■ **About this task**: Among the records below, find each line bearing the word "IsFault" and copy it.

■ **Supplied data**:
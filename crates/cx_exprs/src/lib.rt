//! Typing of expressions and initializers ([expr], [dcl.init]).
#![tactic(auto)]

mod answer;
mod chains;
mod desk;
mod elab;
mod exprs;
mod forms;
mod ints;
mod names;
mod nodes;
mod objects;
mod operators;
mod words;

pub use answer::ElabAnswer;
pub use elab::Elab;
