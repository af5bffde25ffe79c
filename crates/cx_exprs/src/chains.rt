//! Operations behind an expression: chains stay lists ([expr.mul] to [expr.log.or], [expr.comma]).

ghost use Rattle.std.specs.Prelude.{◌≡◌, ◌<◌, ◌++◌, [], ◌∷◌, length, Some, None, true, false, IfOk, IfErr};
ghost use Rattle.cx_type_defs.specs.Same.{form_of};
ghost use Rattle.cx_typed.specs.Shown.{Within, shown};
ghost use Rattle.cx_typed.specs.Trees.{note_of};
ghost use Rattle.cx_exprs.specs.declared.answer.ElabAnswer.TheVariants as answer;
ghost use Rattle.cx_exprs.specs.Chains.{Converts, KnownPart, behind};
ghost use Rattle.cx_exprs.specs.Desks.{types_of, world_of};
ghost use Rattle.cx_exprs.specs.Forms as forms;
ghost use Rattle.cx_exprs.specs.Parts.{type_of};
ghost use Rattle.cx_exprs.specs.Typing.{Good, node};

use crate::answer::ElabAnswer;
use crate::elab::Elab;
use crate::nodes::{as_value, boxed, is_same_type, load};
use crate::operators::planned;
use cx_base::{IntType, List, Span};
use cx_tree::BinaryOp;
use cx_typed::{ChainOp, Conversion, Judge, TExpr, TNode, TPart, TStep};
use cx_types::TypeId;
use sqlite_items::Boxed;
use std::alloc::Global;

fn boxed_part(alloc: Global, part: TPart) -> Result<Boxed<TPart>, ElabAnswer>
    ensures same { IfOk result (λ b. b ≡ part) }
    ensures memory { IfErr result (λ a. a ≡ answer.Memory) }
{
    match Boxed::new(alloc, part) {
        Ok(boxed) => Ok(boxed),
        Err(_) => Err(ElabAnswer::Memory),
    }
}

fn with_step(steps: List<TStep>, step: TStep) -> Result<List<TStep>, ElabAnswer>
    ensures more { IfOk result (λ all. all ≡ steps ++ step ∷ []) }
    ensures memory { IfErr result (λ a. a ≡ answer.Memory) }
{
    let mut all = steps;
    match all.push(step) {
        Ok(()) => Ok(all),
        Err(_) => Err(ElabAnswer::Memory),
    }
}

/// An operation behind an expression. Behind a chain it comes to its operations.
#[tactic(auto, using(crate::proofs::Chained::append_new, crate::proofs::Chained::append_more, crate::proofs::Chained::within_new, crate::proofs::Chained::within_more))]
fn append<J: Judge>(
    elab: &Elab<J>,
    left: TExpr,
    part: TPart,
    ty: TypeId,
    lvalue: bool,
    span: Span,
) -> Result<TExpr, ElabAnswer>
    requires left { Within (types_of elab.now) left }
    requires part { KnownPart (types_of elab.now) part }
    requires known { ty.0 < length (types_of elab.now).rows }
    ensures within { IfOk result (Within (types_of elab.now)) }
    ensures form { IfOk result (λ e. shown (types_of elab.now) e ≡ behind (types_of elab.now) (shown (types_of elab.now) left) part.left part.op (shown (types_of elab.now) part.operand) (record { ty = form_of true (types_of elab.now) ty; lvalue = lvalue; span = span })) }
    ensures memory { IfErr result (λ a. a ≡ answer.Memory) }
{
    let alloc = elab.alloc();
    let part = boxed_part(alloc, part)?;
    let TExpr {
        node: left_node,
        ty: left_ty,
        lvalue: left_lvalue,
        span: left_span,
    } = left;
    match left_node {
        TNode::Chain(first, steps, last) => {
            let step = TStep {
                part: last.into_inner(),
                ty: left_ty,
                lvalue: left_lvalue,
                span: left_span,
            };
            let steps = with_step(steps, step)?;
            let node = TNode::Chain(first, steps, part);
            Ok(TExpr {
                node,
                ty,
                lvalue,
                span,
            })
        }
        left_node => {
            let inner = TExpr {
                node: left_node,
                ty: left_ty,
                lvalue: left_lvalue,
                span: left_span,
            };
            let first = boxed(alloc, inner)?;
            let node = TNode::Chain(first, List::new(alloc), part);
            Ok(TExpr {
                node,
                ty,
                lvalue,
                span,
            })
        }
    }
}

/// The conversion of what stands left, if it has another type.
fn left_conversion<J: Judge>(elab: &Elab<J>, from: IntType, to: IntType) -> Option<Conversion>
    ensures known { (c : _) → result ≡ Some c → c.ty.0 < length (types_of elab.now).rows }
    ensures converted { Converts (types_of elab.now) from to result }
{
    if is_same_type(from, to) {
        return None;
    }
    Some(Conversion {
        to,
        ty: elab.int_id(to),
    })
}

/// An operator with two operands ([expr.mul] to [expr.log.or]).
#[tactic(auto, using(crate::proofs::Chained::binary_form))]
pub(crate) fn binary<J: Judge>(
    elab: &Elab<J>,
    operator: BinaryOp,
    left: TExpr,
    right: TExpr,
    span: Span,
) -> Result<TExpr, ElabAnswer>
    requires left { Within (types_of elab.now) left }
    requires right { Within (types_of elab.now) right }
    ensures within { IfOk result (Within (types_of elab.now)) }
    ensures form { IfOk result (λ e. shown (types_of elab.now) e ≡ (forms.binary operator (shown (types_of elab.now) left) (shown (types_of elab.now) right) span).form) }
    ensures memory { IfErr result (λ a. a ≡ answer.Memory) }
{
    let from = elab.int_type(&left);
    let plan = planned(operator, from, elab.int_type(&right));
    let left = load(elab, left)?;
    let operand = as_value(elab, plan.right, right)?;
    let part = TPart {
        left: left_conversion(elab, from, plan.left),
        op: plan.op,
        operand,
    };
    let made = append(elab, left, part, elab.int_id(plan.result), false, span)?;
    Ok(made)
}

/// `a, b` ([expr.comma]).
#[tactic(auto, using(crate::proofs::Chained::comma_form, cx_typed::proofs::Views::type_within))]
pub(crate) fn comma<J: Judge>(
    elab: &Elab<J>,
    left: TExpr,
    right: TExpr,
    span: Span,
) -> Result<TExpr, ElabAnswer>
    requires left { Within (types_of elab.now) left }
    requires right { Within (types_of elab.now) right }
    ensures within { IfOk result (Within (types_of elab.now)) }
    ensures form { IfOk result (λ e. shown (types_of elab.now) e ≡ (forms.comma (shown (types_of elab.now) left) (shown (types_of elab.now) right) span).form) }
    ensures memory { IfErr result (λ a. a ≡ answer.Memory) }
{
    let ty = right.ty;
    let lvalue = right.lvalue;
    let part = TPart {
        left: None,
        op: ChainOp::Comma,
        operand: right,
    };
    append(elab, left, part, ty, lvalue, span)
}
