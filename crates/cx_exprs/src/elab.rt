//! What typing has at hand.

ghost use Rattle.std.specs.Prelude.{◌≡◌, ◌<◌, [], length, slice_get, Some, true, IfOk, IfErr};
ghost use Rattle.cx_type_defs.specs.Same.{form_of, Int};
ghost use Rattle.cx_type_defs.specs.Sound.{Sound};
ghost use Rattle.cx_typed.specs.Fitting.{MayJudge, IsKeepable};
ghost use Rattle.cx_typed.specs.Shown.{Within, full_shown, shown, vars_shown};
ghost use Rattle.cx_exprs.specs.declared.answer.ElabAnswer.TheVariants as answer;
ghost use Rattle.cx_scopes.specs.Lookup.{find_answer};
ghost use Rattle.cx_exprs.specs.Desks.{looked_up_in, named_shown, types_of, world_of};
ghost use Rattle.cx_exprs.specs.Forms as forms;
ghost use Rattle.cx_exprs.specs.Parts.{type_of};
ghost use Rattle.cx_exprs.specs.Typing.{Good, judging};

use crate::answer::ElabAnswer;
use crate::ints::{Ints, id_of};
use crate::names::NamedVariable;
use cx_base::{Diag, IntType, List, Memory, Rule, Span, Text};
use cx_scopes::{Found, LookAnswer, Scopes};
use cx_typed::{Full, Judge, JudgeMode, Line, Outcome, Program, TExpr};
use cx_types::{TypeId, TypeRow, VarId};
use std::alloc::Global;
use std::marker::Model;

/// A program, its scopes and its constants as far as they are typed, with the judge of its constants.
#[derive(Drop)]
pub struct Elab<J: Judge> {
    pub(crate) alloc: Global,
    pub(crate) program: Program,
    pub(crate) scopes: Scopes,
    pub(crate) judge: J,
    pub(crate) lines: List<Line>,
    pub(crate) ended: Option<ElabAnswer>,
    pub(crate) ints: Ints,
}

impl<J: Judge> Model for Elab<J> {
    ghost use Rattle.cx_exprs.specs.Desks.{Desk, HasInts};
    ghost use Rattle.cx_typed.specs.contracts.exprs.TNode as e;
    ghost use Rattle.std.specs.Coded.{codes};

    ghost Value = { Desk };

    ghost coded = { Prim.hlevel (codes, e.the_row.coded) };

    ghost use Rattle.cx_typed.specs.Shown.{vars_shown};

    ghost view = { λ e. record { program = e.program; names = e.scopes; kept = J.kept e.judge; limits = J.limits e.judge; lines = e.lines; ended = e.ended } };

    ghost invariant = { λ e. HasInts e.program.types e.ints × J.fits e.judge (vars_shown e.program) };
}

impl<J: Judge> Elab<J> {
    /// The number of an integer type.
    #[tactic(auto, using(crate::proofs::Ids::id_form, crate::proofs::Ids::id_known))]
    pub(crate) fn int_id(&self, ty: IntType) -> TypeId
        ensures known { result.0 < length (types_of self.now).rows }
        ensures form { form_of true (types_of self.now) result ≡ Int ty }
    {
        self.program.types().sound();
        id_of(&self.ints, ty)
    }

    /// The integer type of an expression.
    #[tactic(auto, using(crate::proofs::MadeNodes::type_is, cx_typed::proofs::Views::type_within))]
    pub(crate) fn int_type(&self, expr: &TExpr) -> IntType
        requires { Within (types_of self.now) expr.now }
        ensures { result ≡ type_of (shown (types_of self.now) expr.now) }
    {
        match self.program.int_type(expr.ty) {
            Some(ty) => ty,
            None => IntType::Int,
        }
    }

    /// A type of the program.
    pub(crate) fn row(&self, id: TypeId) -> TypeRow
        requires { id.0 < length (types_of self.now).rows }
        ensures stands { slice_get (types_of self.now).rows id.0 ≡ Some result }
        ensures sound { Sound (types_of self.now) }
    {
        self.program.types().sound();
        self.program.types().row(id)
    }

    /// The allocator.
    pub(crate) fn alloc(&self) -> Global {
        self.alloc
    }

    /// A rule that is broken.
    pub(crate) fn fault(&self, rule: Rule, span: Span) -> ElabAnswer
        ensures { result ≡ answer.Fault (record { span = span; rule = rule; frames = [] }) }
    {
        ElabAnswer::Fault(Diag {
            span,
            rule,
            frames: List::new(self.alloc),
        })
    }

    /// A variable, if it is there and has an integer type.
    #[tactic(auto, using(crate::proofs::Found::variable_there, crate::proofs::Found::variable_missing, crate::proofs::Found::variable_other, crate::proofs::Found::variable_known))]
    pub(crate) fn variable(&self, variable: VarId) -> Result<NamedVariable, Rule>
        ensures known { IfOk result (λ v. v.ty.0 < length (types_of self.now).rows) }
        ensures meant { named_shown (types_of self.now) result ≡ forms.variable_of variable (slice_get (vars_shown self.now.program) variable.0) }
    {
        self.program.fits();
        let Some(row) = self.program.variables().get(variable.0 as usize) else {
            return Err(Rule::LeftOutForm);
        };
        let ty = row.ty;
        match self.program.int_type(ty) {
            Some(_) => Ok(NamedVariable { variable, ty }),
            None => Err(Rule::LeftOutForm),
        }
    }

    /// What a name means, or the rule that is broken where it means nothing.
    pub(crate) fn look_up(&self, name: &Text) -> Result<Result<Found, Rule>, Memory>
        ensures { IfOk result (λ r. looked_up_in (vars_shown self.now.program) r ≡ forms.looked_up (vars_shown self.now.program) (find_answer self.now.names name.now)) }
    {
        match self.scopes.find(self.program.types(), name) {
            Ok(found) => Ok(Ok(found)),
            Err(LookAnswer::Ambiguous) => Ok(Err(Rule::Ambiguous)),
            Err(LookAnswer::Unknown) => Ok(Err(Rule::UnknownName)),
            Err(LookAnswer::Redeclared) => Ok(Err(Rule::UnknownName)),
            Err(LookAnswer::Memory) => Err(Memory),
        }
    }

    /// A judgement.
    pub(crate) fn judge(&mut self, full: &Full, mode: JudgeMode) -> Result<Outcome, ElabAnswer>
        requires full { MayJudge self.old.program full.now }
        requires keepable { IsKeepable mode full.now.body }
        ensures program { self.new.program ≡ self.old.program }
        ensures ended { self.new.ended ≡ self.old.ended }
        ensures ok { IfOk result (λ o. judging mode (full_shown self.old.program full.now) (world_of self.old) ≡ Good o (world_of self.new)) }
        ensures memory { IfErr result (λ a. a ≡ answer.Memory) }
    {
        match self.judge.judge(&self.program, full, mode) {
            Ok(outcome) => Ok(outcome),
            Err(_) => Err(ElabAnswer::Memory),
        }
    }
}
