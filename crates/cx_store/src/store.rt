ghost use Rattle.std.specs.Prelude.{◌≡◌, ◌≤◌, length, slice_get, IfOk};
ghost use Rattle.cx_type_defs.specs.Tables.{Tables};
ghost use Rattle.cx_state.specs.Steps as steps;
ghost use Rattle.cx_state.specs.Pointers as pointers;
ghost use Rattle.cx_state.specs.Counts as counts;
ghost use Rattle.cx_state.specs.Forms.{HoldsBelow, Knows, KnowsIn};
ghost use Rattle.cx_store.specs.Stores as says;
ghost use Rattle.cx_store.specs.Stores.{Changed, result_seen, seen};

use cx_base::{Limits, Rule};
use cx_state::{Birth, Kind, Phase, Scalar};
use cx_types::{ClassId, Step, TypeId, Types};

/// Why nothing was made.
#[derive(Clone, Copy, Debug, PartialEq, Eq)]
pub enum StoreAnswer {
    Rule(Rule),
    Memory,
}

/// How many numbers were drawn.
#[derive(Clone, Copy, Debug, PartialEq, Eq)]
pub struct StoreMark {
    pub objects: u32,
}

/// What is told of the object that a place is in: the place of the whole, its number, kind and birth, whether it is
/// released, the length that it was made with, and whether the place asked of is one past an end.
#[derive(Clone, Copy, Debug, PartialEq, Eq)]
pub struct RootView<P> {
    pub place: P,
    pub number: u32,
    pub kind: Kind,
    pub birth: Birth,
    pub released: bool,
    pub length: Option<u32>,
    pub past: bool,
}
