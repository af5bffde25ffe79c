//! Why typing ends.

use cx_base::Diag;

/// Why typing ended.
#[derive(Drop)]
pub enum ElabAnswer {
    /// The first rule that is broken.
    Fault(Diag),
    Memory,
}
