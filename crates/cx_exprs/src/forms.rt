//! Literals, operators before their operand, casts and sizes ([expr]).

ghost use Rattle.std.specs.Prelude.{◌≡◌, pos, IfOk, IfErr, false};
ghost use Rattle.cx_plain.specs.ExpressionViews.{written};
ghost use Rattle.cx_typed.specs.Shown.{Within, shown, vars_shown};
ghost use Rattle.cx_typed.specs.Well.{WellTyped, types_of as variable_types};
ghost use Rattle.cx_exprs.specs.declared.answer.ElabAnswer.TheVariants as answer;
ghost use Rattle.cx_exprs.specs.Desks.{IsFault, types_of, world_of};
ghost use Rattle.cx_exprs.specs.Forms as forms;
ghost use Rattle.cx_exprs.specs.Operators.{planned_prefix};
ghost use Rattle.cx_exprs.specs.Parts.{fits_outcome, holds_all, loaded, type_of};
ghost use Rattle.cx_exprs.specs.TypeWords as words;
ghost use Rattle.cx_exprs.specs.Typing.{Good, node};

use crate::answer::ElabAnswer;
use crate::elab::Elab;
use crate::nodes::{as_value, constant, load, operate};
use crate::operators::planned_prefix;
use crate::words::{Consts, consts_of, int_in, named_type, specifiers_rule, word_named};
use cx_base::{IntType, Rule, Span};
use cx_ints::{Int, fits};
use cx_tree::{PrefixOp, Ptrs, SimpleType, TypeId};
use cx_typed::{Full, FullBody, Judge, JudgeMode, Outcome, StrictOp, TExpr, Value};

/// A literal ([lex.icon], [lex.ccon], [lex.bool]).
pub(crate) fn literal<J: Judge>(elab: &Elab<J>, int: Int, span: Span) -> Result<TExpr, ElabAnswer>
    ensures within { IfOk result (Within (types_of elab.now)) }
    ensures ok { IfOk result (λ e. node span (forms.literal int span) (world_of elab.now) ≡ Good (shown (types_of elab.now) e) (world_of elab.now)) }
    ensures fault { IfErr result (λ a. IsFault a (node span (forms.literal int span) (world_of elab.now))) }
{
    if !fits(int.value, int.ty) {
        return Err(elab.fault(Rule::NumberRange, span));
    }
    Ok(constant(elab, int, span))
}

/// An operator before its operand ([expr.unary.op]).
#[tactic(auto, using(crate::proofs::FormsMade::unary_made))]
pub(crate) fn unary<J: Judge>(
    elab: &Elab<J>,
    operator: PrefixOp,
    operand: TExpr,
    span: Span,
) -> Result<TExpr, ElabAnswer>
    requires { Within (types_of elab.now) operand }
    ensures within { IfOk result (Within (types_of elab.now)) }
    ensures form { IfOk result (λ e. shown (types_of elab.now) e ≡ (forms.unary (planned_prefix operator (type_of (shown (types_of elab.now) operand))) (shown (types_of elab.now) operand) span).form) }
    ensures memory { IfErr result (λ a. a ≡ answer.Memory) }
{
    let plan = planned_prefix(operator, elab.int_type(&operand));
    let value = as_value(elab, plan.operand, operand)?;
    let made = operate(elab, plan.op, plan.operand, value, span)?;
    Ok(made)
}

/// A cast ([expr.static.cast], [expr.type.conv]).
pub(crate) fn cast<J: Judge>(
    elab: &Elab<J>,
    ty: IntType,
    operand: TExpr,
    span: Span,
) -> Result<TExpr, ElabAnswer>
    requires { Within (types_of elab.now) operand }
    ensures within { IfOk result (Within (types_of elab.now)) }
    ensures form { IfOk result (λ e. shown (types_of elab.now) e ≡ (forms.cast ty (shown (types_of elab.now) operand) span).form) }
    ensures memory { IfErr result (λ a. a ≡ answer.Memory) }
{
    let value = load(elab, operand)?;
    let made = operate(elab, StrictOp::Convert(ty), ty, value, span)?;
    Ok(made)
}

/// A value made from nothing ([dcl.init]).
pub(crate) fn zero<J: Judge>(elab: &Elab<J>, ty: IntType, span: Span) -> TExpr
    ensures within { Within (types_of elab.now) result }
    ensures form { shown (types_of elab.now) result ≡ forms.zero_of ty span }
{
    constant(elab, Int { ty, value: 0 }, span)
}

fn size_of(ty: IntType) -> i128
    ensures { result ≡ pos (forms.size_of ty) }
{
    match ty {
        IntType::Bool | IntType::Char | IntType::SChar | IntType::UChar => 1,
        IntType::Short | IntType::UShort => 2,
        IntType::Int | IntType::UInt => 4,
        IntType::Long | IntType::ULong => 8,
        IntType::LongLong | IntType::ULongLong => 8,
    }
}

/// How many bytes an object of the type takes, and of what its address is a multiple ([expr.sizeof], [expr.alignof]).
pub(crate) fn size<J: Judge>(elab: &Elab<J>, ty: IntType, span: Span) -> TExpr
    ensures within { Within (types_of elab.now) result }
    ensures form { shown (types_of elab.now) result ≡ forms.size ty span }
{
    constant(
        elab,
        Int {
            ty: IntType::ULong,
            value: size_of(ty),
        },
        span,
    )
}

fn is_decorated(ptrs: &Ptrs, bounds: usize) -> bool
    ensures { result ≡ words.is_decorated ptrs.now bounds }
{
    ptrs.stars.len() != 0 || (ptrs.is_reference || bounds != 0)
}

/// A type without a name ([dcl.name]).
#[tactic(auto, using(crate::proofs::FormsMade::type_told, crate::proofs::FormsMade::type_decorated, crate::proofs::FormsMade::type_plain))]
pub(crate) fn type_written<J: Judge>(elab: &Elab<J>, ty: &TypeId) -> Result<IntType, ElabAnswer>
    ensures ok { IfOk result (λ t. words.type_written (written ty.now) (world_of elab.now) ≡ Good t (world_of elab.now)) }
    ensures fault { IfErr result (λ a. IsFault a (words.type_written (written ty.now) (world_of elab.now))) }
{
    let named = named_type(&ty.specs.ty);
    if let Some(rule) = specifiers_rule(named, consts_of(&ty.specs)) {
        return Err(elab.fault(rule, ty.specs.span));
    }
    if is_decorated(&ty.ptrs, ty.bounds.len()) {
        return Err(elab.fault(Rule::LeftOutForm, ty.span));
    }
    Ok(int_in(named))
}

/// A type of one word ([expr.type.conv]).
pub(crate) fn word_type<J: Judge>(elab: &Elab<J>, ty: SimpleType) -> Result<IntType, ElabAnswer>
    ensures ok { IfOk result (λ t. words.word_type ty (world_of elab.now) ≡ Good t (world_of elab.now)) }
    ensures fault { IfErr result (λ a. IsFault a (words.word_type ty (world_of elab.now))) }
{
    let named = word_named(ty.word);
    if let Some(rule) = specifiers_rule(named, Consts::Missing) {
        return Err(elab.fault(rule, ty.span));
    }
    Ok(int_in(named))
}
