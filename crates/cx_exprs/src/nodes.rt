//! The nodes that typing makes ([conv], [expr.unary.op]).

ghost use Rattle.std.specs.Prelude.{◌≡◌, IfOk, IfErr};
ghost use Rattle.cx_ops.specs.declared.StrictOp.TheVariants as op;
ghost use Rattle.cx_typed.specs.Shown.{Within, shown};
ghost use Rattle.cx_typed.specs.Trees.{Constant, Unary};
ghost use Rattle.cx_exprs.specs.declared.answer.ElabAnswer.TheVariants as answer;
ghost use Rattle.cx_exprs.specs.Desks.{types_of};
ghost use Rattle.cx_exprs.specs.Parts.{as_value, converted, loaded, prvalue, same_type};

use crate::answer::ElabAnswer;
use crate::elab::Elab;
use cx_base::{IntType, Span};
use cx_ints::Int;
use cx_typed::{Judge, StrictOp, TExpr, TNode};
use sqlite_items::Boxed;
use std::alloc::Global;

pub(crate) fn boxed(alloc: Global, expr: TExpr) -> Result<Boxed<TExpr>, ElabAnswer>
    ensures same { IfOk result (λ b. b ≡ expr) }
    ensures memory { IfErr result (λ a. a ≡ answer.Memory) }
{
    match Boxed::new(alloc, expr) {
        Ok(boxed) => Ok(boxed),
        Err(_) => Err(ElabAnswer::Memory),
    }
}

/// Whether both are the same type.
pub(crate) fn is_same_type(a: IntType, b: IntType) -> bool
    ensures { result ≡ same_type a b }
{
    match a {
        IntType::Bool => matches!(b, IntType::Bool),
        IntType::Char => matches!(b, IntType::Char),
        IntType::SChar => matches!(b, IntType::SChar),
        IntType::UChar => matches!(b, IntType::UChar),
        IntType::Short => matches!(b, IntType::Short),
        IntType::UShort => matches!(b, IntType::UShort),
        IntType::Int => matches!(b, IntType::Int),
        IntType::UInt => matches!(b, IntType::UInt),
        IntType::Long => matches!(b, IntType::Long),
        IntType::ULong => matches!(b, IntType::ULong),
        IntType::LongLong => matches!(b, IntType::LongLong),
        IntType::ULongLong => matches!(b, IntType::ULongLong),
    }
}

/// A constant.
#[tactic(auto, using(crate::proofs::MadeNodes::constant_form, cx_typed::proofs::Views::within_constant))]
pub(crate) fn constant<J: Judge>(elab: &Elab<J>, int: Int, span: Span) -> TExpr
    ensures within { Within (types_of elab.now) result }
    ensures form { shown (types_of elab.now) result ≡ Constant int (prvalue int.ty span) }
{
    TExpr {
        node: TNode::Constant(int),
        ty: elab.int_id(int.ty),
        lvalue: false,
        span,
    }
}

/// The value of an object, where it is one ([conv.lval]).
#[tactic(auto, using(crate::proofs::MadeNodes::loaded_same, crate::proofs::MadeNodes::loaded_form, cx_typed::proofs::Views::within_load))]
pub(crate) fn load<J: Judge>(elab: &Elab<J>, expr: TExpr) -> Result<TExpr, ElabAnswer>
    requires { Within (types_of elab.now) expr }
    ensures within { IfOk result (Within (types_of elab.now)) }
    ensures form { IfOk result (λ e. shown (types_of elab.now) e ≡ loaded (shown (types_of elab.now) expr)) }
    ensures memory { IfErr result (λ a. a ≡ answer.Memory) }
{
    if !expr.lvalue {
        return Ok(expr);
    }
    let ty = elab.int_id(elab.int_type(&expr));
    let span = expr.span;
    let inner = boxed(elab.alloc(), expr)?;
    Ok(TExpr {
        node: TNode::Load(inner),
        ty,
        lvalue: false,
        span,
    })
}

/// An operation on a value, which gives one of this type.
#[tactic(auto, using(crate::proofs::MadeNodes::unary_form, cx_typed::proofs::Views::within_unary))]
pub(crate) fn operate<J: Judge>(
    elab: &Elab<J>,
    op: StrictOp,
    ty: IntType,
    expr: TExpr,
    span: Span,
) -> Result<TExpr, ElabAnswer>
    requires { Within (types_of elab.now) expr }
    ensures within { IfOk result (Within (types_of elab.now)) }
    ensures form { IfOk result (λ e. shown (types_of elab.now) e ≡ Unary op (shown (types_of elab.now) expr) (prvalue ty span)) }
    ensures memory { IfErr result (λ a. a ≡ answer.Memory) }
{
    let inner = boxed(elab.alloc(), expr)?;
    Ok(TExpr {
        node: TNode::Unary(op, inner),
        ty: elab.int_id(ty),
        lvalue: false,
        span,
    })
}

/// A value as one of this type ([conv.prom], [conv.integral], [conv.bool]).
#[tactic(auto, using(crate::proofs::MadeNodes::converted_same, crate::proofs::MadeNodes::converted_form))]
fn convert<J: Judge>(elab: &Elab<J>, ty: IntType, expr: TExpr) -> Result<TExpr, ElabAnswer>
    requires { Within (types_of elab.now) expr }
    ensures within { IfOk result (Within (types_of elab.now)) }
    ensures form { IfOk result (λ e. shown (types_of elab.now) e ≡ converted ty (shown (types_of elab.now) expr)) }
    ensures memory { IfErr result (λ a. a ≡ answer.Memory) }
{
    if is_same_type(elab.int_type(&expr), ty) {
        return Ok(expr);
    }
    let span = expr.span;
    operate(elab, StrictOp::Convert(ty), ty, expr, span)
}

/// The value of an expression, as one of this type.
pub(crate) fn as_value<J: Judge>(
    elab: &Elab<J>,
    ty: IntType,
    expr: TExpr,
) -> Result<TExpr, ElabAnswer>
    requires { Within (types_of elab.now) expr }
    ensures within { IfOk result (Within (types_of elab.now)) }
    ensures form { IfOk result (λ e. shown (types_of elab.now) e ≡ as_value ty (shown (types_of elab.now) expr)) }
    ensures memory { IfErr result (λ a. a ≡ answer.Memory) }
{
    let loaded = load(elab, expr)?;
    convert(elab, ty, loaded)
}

■ **Solution to this exercise**:
ghost use Rattle.cx_exprs.specs.Desks.{IsFault, types_of, world_of};
    ensures fault { IfErr result (λ a. IsFault a (node span (forms.literal int span) (world_of elab.now))) }
    ensures fault { IfErr result (λ a. IsFault a (words.type_written (written ty.now) (world_of elab.now))) }
    ensures fault { IfErr result (λ a. IsFault a (words.word_type ty (world_of elab.now))) }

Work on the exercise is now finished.